Index Terms—Natural Language processing, Anaphora
resolution, Discourse, Pronominal Resolution, Co-reference,
Discourse Modeling, Artificial Intelligence
I. INTRODUCTION
Resolution of anaphoric reference is one of the most
challenging tasks in the field of natural language
processing. It is extremely difficult to give a complete,
plausible and computable description of resolution
process as we ourselves deal with it only subconsciously
and are largely unaware of the particularities. The task of
anaphora resolution is even frequently considered to be
AI-complete. Anaphora accounts for the cohesion in the
text and is active study in formal and computational
linguistics alike. Identifying correct anaphora plays a
vital role in Natural Language Processing. Automatic
resolution of anaphors is crucial task in the understanding
of natural language by computers. Understanding of
natural language is difficult for computers because
natural languages are inherently ambiguous.
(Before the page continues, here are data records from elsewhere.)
//! A whole run of a code, with its account.
ghost use Rattle.std.specs.Prelude.{◌≡◌, false};
ghost use Rattle.tap_states.specs.declared.Tap.TheVariants.{Reset};
ghost use Rattle.tool_io.specs.Lines.{IsWhole};
ghost use Rattle.scan_paths.specs.Scans.{lengths_of};
ghost use Rattle.scan_paths.specs.Cables.{cable_faults, IsCableLast};
ghost use Rattle.machine_memory.specs.Acts.{IsUnused};
ghost use Rattle.stapl_machine.specs.Runs.{play_from};
ghost use Rattle.code_plays.specs.CodePlays.{NeverRises, WasClocked};
ghost use Rattle.account_plays.specs.AccountTurns.{IsOpenCable, CanPlayTurns};
ghost use Rattle.account_plays.specs.AccountedRuns.{TurnsAreTold, TurnsFindRoom, FirstFindsRoom, HasPlayedRun};

use crate::running::{Over, account_turns};
use crate::turns::{Course, Part, play_kept_part};
use base::Steps;
use code_plays::failed;
use machine_memory::memory::Workspace;
use run_cable::Runs;
use scan_paths::Cable;
use stapl_instructions::{Went, begin_next};
use std::sync::ledger::Ledger;
use tap_states::Tap;
use tool_io::{Failed, Lines, Sink};

/// Plays the prologue of a code, and then at most so many turns of the chosen procedures, over a cable that never fails
/// and whose controllers are all in the reset state. It puts what comes before the turns, and then the text of each turn.
/// There is no ending if the run met what no valid code meets.
///
/// `Failed` as of the sink; then a front of the text was put. It takes no memory.
pub fn account_run<C: Cable, K: Sink, L: Ledger>(
    course: &Course<'_>,
    work: &mut Workspace,
    cable: &mut C,
    runs: &mut Runs,
    out: &mut Lines<K>,
    turns: u32,
    steps: &mut Steps<L>,
) -> Result<Over, Failed>
    requires ready { CanPlayTurns course.now.code.now work.old }
    requires unused { IsUnused work.old.memory }
    requires open { IsOpenCable C.Cable Reset cable.old }
    requires sure { NeverRises (cable_faults C.line_faults C.pin_faults) (IsCableLast C.is_line_last C.is_pin_last) }
    requires whole { IsWhole out.old }
    requires none_lost { runs.old.lost ≡ false }
    requires told { TurnsAreTold C.Cable course.now.code.now course.now.table.now (lengths_of course.now.base)
        (λ n. play_from course.now.code.now course.now.chosen.now work.old.memory.variables.items n) Reset cable.old }
    requires room { TurnsFindRoom C.Cable course.now.code.now course.now.table.now (lengths_of course.now.base)
        (λ n. play_from course.now.code.now course.now.chosen.now work.old.memory.variables.items n) Reset cable.old runs.old }
    requires first_room { FirstFindsRoom C.Cable course.now.code.now course.now.table.now (lengths_of course.now.base)
        (λ n. play_from course.now.code.now course.now.chosen.now work.old.memory.variables.items n) Reset cable.old runs.old }
    ensures played { HasPlayedRun C.Cable K.Sink course.now.code.now course.now.table.now (lengths_of course.now.base)
        (λ n. play_from course.now.code.now course.now.chosen.now work.old.memory.variables.items n) Reset cable.old runs.old
        out.old turns cable.new runs.new out.new result }
    ensures clocked { WasClocked C.made cable.old cable.new }
{
    work.next = 0;
    match play_kept_part(
        course,
        Part::Prologue,
        Tap::Reset,
        work,
        cable,
        runs,
        out,
        steps,
    ) {
        Ok(turned) => match turned.went {
            Went::On(_) => match begin_next(course.code, course.chosen, &mut work.next) {
                Went::On(start) => match account_turns(
                    course, start, turned.tap, work, cable, runs, out, turns, steps,
                ) {
                    Ok(over) => Ok(over),
                    Err(failed) => Err(failed),
                },
                Went::Over(ending) => Ok(Over { ending, turns: 0 }),
            },
            Went::Over(_) => Ok(Over {
                ending: None,
                turns: 0,
            }),
        },
        Err(trouble) => Err(failed(trouble)),
    }
}
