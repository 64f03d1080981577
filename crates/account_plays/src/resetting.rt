//! The first clocks of a play, with its account.
ghost use Rattle.std.specs.Prelude.{◌≡◌, false, []};
ghost use Rattle.scan_paths.specs.Cables.{whole, cable_faults, IsCableLast};
ghost use Rattle.stapl_machine.specs.Machines.{IsReady, Resets, digits_in};
ghost use Rattle.code_plays.specs.CodePlays.{NeverRises};
ghost use Rattle.account_plays.specs.AccountedTurns.{SumsGoOn};

use run_cable::{RunCable, Runs};
use scan_paths::Cable;
use stapl_machine::Machine;
use tap_states::Tap;

/// Makes the five first clocks of a play, with TMS 1, over a cable that never fails: after them all controllers are in the
/// reset state, whatever their state was. They are added to the sums. What runs they have is not said.
pub fn account_reset<C: Cable>(machine: &mut Machine, cable: &mut C, runs: &mut Runs)
    requires whole { C.breakage cable.old ≡ whole }
    requires sure { NeverRises (cable_faults C.line_faults C.pin_faults) (IsCableLast C.is_line_last C.is_pin_last) }
    requires no_digit { digits_in machine.old ≡ [] }
    requires none_lost { runs.old.lost ≡ false }
    ensures ready { (code : _) → IsReady code machine.old → IsReady code machine.new }
    ensures reset { Resets C.Cable cable.old cable.new (digits_in machine.new) }
    ensures sums { SumsGoOn runs.old 5 0 0 0 runs.new }
{
    runs.begin(Tap::Reset);
    let mut over = RunCable::over(cable, runs);
    match machine.reset_chain(&mut over) {
        Ok(()) => {}
        Err(_) => unreachable!(),
    }
}
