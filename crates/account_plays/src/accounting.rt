//! A turn of a code with the account of its runs.
ghost use Rattle.std.specs.Prelude.{◌≡◌, false, IfOk};
ghost use Rattle.tool_io.specs.Lines.{IsWhole};
ghost use Rattle.scan_paths.specs.Scans.{lengths_of};
ghost use Rattle.scan_paths.specs.Cables.{cable_faults, IsCableLast};
ghost use Rattle.machine_memory.specs.Acts.{state_of};
ghost use Rattle.machine_memory.specs.RunRooms.{KeepsRoom};
ghost use Rattle.stapl_instructions.specs.Moves.{led_on, IsClean};
ghost use Rattle.stapl_machine.specs.Turns.{turn_at};
ghost use Rattle.code_plays.specs.CodePlays.{NeverRises, WasClocked};
ghost use Rattle.account_plays.specs.AccountTurns.{IsOpenCable, CanPlayTurns};
ghost use Rattle.account_plays.specs.AccountedTurns.{HasAccounted, TurnFindsRoom};

use crate::run_lines::put_runs;
use crate::turns::{Course, Part, Turned, play_kept_part};
use account_lines::TurnPlace;
use base::Steps;
use code_plays::failed;
use machine_memory::memory::Workspace;
use run_cable::Runs;
use scan_paths::Cable;
use std::sync::ledger::Ledger;
use tap_states::Tap;
use tool_io::{Failed, Lines, Sink};

/// Plays the turn at a place of a code, from a state of the controllers on and over a cable that never fails, and puts
/// its text: what it writes besides, and then the lines of its runs, of which this is said.
///
/// `Failed` as of the sink; then a front of the text was put. It takes no memory.
pub fn account_turn<C: Cable, K: Sink, L: Ledger>(
    course: &Course<'_>,
    place: u32,
    said: TurnPlace,
    tap: Tap,
    work: &mut Workspace,
    cable: &mut C,
    runs: &mut Runs,
    out: &mut Lines<K>,
    steps: &mut Steps<L>,
) -> Result<Turned, Failed>
    requires ready { CanPlayTurns course.now.code.now work.old }
    requires open { IsOpenCable C.Cable tap cable.old }
    requires sure { NeverRises (cable_faults C.line_faults C.pin_faults) (IsCableLast C.is_line_last C.is_pin_last) }
    requires whole { IsWhole out.old }
    requires none_lost { runs.old.lost ≡ false }
    requires room { TurnFindsRoom C.Cable (lengths_of course.now.base)
        (turn_at course.now.code.now place (state_of course.now.chosen.now work.old)) tap cable.old runs.old }
    ensures accounted { HasAccounted C.Cable K.Sink (lengths_of course.now.base) said
        (turn_at course.now.code.now place (state_of course.now.chosen.now work.old)) tap cable.old runs.old out.old
        result (λ went. led_on went (state_of course.now.chosen.now work.new)) cable.new runs.new out.new }
    ensures clean { IfOk result (λ t. IsClean t.went work.new.operands.items) }
    ensures room { KeepsRoom work.old work.new }
    ensures open { IfOk result (λ t. IsOpenCable C.Cable t.tap cable.new) }
    ensures clocked { WasClocked C.made cable.old cable.new }
{
    match play_kept_part(
        course,
        Part::Turn(place),
        tap,
        work,
        cable,
        runs,
        out,
        steps,
    ) {
        Ok(turned) => {
            runs.close();
            runs.count_scans(said.scans);
            match put_runs(out, said, &course.base, &runs.ended()) {
                Ok(()) => Ok(turned),
                Err(failed) => Err(failed),
            }
        }
        Err(trouble) => Err(failed(trouble)),
    }
}
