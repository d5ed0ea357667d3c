// Words to sleep on, one for each of some places in line.
ghost use Rattle.std.specs.Prelude.{◌≡◌, ◌<◌};
ghost use Rattle.boss_model.specs.Limits.{bells};

use atomic_table::{Play, Table, TableRule};
use boss_model::BELLS;
use std::alloc::{AllocError, Global};
use std::sync::Wait;

// Nothing is said of the bells: whoever wakes looks at the lock.
pub struct Anything;

impl TableRule<(), (), ()> for Anything {
    ghost holds = { λ _ _. Unit {0} };

    ghost first = { λ _. tt };
}

impl Play<(), ()> for Anything {
    ghost then = { λ _ _ _ _. Unit {0} };
}

// A bell for each place in line. Whoever waits there sleeps until it is rung.
#[derive(Drop)]
pub struct Bells {
    table: Table<(), (), (), Anything, Global>,
    ghost many: { table.shared.table_id.words ≡ bells },
}

impl Bells {
    // The only error is want of memory.
    pub fn new(alloc: Global) -> Result<Bells, AllocError> {
        let (table, _token) = Table::of_words(alloc, &[0; BELLS], &())?;
        Ok(Bells { table })
    }

    // What the bell of a ticket's place shows. It shows something else once it was rung.
    pub fn shown(&self, ticket: u64) -> u32 {
        low_half(self.table.shared.peek(place_of(ticket)))
    }

    // Sleeps until the bell of a ticket's place is rung, but not where that was done since it showed this. It may
    // also return for no reason.
    pub fn sleep<R: Wait>(&self, rt: &R, ticket: u64, shown: u32) {
        self.table.shared.park(rt, place_of(ticket), shown);
    }

    // Rings the bell of a ticket's place.
    pub fn ring(&self, ticket: u64) {
        let place = place_of(ticket);
        let board = &self.table.shared;
        let (_, mut token) = board.load_new_seat::<Anything>(place);
        board.fetch_add::<Anything>(&mut token, place, 1);
        board.wake_all(place);
    }
}

fn place_of(ticket: u64) -> usize
    ensures { result < bells }
{
    (ticket % BELLS as u64) as usize
}

// The half of a word that a sleep compares. A bell is rung once for each 64 tickets, and a seat that waits keeps a
// thread, of which there are fewer than 2^32; so it does not come round before a sleeper's turn.
fn low_half(word: u64) -> u32 {
    (word & 0xffff_ffff) as u32
}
On the other
hand, human beings can easily manage to pick out the
intended meaning from the set of possible interpretations
unlike computers due to their limited knowledge and
inability to get their bearings in complex contextual
situations.
Ambiguity can be presented at different level. It can be
presented at lexical level where one word may have more
than one meaning (e.g. bank, chair, files). It can also be
presented at syntactical level when more than one
structural analysis is possible. Ambiguity can also be
presented at semantic level or pragmatic level. The
automatic resolution of ambiguity requires a huge amount
of linguistic and extra-linguistic knowledge as well as
inferring and learning capabilities, and is therefore
realistic only in restricted domains.
A. Basic Notions and terminologies
Cohesion occurs where the interpretation of the some
element in the discourse is dependent on that of another
and involves the use of abbreviated or alternative
linguistics forms which can be recognized and understood
by the hearer or the reader .This refers to or replaces
previously mentioned items in the spoken or written text.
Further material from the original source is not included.